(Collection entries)
________________________________________

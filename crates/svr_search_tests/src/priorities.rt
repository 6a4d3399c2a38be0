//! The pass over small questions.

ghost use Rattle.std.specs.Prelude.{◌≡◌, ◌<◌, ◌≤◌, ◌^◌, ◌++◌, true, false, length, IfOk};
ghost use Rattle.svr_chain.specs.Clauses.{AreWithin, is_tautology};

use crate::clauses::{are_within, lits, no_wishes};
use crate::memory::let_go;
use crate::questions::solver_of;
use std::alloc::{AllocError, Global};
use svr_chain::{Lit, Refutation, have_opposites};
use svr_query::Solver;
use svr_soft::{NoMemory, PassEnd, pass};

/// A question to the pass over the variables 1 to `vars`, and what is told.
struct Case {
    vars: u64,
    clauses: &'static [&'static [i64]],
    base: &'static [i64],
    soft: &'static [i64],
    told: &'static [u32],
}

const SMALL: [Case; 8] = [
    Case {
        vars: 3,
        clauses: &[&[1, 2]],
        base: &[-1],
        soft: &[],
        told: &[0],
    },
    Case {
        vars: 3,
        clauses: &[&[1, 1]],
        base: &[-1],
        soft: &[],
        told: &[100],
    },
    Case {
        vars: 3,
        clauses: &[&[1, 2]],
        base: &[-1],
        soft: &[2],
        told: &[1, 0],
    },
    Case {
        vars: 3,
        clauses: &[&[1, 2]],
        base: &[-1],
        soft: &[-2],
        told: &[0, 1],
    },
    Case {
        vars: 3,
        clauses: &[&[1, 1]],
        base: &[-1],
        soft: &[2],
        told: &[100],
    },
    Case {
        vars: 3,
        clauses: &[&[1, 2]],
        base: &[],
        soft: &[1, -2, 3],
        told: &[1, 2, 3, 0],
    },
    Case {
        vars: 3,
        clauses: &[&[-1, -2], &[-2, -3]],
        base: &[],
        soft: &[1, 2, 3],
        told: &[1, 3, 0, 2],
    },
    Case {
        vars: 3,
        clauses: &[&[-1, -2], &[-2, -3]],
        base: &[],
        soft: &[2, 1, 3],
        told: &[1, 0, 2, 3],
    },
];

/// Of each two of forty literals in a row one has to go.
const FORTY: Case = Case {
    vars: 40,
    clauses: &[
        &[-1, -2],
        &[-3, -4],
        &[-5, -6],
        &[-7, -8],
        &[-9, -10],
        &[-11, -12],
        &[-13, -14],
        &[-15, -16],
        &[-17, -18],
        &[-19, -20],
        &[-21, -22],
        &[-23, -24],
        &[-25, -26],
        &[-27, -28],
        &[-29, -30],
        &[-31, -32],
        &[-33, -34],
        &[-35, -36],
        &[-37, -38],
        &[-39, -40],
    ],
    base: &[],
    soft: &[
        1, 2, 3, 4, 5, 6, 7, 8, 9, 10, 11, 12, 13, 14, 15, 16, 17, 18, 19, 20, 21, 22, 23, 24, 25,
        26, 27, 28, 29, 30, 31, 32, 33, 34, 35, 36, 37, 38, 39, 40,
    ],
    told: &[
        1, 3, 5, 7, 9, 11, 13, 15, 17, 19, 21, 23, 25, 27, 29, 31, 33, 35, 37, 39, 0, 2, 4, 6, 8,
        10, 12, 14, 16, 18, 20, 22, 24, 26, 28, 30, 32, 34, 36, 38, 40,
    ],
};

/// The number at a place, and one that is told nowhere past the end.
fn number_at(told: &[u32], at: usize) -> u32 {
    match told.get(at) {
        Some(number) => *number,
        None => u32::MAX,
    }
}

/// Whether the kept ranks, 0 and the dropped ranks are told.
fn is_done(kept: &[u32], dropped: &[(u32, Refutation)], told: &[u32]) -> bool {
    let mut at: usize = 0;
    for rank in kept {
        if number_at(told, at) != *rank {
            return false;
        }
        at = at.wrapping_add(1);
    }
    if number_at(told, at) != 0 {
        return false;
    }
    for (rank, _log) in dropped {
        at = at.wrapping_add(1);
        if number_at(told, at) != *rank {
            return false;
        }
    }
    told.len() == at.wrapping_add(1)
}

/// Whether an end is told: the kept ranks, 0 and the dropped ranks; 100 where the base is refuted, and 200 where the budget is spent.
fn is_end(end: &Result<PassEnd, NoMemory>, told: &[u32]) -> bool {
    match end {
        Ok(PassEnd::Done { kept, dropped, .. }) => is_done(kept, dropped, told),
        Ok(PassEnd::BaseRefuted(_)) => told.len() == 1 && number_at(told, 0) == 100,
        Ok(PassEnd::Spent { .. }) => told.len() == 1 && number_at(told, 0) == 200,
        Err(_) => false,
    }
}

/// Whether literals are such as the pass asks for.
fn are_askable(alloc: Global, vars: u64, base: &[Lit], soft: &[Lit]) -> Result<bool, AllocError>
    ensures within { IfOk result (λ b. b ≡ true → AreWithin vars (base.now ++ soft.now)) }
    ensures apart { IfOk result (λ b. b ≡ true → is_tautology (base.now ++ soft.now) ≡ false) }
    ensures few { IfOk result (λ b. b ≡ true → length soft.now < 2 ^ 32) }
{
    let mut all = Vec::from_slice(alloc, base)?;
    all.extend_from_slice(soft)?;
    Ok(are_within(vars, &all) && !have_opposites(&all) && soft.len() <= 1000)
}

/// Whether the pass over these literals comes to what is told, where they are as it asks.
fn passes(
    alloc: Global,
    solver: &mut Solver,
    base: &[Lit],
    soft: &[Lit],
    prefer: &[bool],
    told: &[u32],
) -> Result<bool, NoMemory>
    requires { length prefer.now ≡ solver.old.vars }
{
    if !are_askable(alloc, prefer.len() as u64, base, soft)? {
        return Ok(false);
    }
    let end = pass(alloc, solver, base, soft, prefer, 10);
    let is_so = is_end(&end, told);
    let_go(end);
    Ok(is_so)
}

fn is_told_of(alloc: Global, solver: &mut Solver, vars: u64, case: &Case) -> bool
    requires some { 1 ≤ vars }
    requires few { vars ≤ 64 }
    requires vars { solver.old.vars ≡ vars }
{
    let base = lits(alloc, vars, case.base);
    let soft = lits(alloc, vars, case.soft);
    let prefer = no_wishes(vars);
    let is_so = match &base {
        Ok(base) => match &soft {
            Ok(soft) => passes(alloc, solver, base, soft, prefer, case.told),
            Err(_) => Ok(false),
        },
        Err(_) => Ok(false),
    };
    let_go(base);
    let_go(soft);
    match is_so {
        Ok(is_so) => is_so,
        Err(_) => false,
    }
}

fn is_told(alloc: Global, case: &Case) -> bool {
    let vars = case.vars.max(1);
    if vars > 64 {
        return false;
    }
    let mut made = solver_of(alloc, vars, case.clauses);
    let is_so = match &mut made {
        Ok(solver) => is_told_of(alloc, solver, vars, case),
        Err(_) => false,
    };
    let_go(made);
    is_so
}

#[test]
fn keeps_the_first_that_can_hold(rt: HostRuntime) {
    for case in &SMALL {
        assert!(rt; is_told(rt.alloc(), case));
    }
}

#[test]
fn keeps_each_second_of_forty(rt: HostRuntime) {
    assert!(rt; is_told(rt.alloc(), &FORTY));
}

________________________________________

- _ABOUT THIS EXERCISE_
Every single line in the records above must be written out exactly.

- _SOLUTION BELOW_
filename crates/svr_search_tests/src/priorities.rt
repository 6a4d3399c2a38be0
//! The pass over small questions.

ghost use Rattle.std.specs.Prelude.{◌≡◌, ◌<◌, ◌≤◌, ◌^◌, ◌++◌, true, false, length, IfOk};
ghost use Rattle.svr_chain.specs.Clauses.{AreWithin, is_tautology};

use crate::clauses::{are_within, lits, no_wishes};
use crate::memory::let_go;
use crate::questions::solver_of;
use std::alloc::{AllocError, Global};
use svr_chain::{Lit, Refutation, have_opposites};
use svr_query::Solver;
use svr_soft::{NoMemory, PassEnd, pass};

/// A question to the pass over the variables 1 to `vars`, and what is told.
struct Case {
    vars: u64,
    clauses: &'static [&'static [i64]],
    base: &'static [i64],
    soft: &'static [i64],
    told: &'static [u32],
}

const SMALL: [Case; 8] = [
    Case {
        vars: 3,
        clauses: &[&[1, 2]],
        base: &[-1],
        soft: &[],
        told: &[0],
    },
    Case {
        vars: 3,
        clauses: &[&[1, 1]],
        base: &[-1],
        soft: &[],
        told: &[100],
    },
    Case {
        vars: 3,
        clauses: &[&[1, 2]],
        base: &[-1],
        soft: &[2],
        told: &[1, 0],
    },
    Case {
        vars: 3,
        clauses: &[&[1, 2]],
        base: &[-1],
        soft: &[-2],
        told: &[0, 1],
    },
    Case {
        vars: 3,
        clauses: &[&[1, 1]],
        base: &[-1],
        soft: &[2],
        told: &[100],
    },
    Case {
        vars: 3,
        clauses: &[&[1, 2]],
        base: &[],
        soft: &[1, -2, 3],
        told: &[1, 2, 3, 0],
    },
    Case {
        vars: 3,
        clauses: &[&[-1, -2], &[-2, -3]],
        base: &[],
        soft: &[1, 2, 3],
        told: &[1, 3, 0, 2],
    },
    Case {
        vars: 3,
        clauses: &[&[-1, -2], &[-2, -3]],
        base: &[],
        soft: &[2, 1, 3],
        told: &[1, 0, 2, 3],
    },
];

/// Of each two of forty literals in a row one has to go.
const FORTY: Case = Case {
    vars: 40,
    clauses: &[
        &[-1, -2],
        &[-3, -4],
        &[-5, -6],
        &[-7, -8],
        &[-9, -10],
        &[-11, -12],
        &[-13, -14],
        &[-15, -16],
        &[-17, -18],
        &[-19, -20],
        &[-21, -22],
        &[-23, -24],
        &[-25, -26],
        &[-27, -28],
        &[-29, -30],
        &[-31, -32],
        &[-33, -34],
        &[-35, -36],
        &[-37, -38],
        &[-39, -40],
    ],
    base: &[],
    soft: &[
        1, 2, 3, 4, 5, 6, 7, 8, 9, 10, 11, 12, 13, 14, 15, 16, 17, 18, 19, 20, 21, 22, 23, 24, 25,
        26, 27, 28, 29, 30, 31, 32, 33, 34, 35, 36, 37, 38, 39, 40,
    ],
    told: &[
        1, 3, 5, 7, 9, 11, 13, 15, 17, 19, 21, 23, 25, 27, 29, 31, 33, 35, 37, 39, 0, 2, 4, 6, 8,
        10, 12, 14, 16, 18, 20, 22, 24, 26, 28, 30, 32, 34, 36, 38, 40,
    ],
};

/// The number at a place, and one that is told nowhere past the end.
fn number_at(told: &[u32], at: usize) -> u32 {
    match told.get(at) {
        Some(number) => *number,
        None => u32::MAX,
    }
}

/// Whether the kept ranks, 0 and the dropped ranks are told.
fn is_done(kept: &[u32], dropped: &[(u32, Refutation)], told: &[u32]) -> bool {
    let mut at: usize = 0;
    for rank in kept {
        if number_at(told, at) != *rank {
            return false;
        }
        at = at.wrapping_add(1);
    }
    if number_at(told, at) != 0 {
        return false;
    }
    for (rank, _log) in dropped {
        at = at.wrapping_add(1);
        if number_at(told, at) != *rank {
            return false;
        }
    }
    told.len() == at.wrapping_add(1)
}

/// Whether an end is told: the kept ranks, 0 and the dropped ranks; 100 where the base is refuted, and 200 where the budget is spent.
fn is_end(end: &Result<PassEnd, NoMemory>, told: &[u32]) -> bool {
    match end {
        Ok(PassEnd::Done { kept, dropped, .. }) => is_done(kept, dropped, told),
        Ok(PassEnd::BaseRefuted(_)) => told.len() == 1 && number_at(told, 0) == 100,
        Ok(PassEnd::Spent { .. }) => told.len() == 1 && number_at(told, 0) == 200,
        Err(_) => false,
    }
}

/// Whether literals are such as the pass asks for.
fn are_askable(alloc: Global, vars: u64, base: &[Lit], soft: &[Lit]) -> Result<bool, AllocError>
    ensures within { IfOk result (λ b. b ≡ true → AreWithin vars (base.now ++ soft.now)) }
    ensures apart { IfOk result (λ b. b ≡ true → is_tautology (base.now ++ soft.now) ≡ false) }
    ensures few { IfOk result (λ b. b ≡ true → length soft.now < 2 ^ 32) }
{
    let mut all = Vec::from_slice(alloc, base)?;
    all.extend_from_slice(soft)?;
    Ok(are_within(vars, &all) && !have_opposites(&all) && soft.len() <= 1000)
}

/// Whether the pass over these literals comes to what is told, where they are as it asks.
fn passes(
    alloc: Global,
    solver: &mut Solver,
    base: &[Lit],
    soft: &[Lit],
    prefer: &[bool],
    told: &[u32],
) -> Result<bool, NoMemory>
    requires { length prefer.now ≡ solver.old.vars }
{
    if !are_askable(alloc, prefer.len() as u64, base, soft)? {
        return Ok(false);
    }
    let end = pass(alloc, solver, base, soft, prefer, 10);
    let is_so = is_end(&end, told);
    let_go(end);
    Ok(is_so)
}

fn is_told_of(alloc: Global, solver: &mut Solver, vars: u64, case: &Case) -> bool
    requires some { 1 ≤ vars }
    requires few { vars ≤ 64 }
    requires vars { solver.old.vars ≡ vars }
{
    let base = lits(alloc, vars, case.base);
    let soft = lits(alloc, vars, case.soft);
    let prefer = no_wishes(vars);
    let is_so = match &base {
        Ok(base) => match &soft {
            Ok(soft) => passes(alloc, solver, base, soft, prefer, case.told),
            Err(_) => Ok(false),
        },
        Err(_) => Ok(false),
    };
    let_go(base);
    let_go(soft);
    match is_so {
        Ok(is_so) => is_so,
        Err(_) => false,
    }
}

fn is_told(alloc: Global, case: &Case) -> bool {
    let vars = case.vars.max(1);
    if vars > 64 {
        return false;
    }
    let mut made = solver_of(alloc, vars, case.clauses);
    let is_so = match &mut made {
        Ok(solver) => is_told_of(alloc, solver, vars, case),
        Err(_) => false,
    };
    let_go(made);
    is_so
}

#[test]
fn keeps_the_first_that_can_hold(rt: HostRuntime) {
    for case in &SMALL {
        assert!(rt; is_told(rt.alloc(), case));
    }
}

#[test]
fn keeps_each_second_of_forty(rt: HostRuntime) {
    assert!(rt; is_told(rt.alloc(), &FORTY));
}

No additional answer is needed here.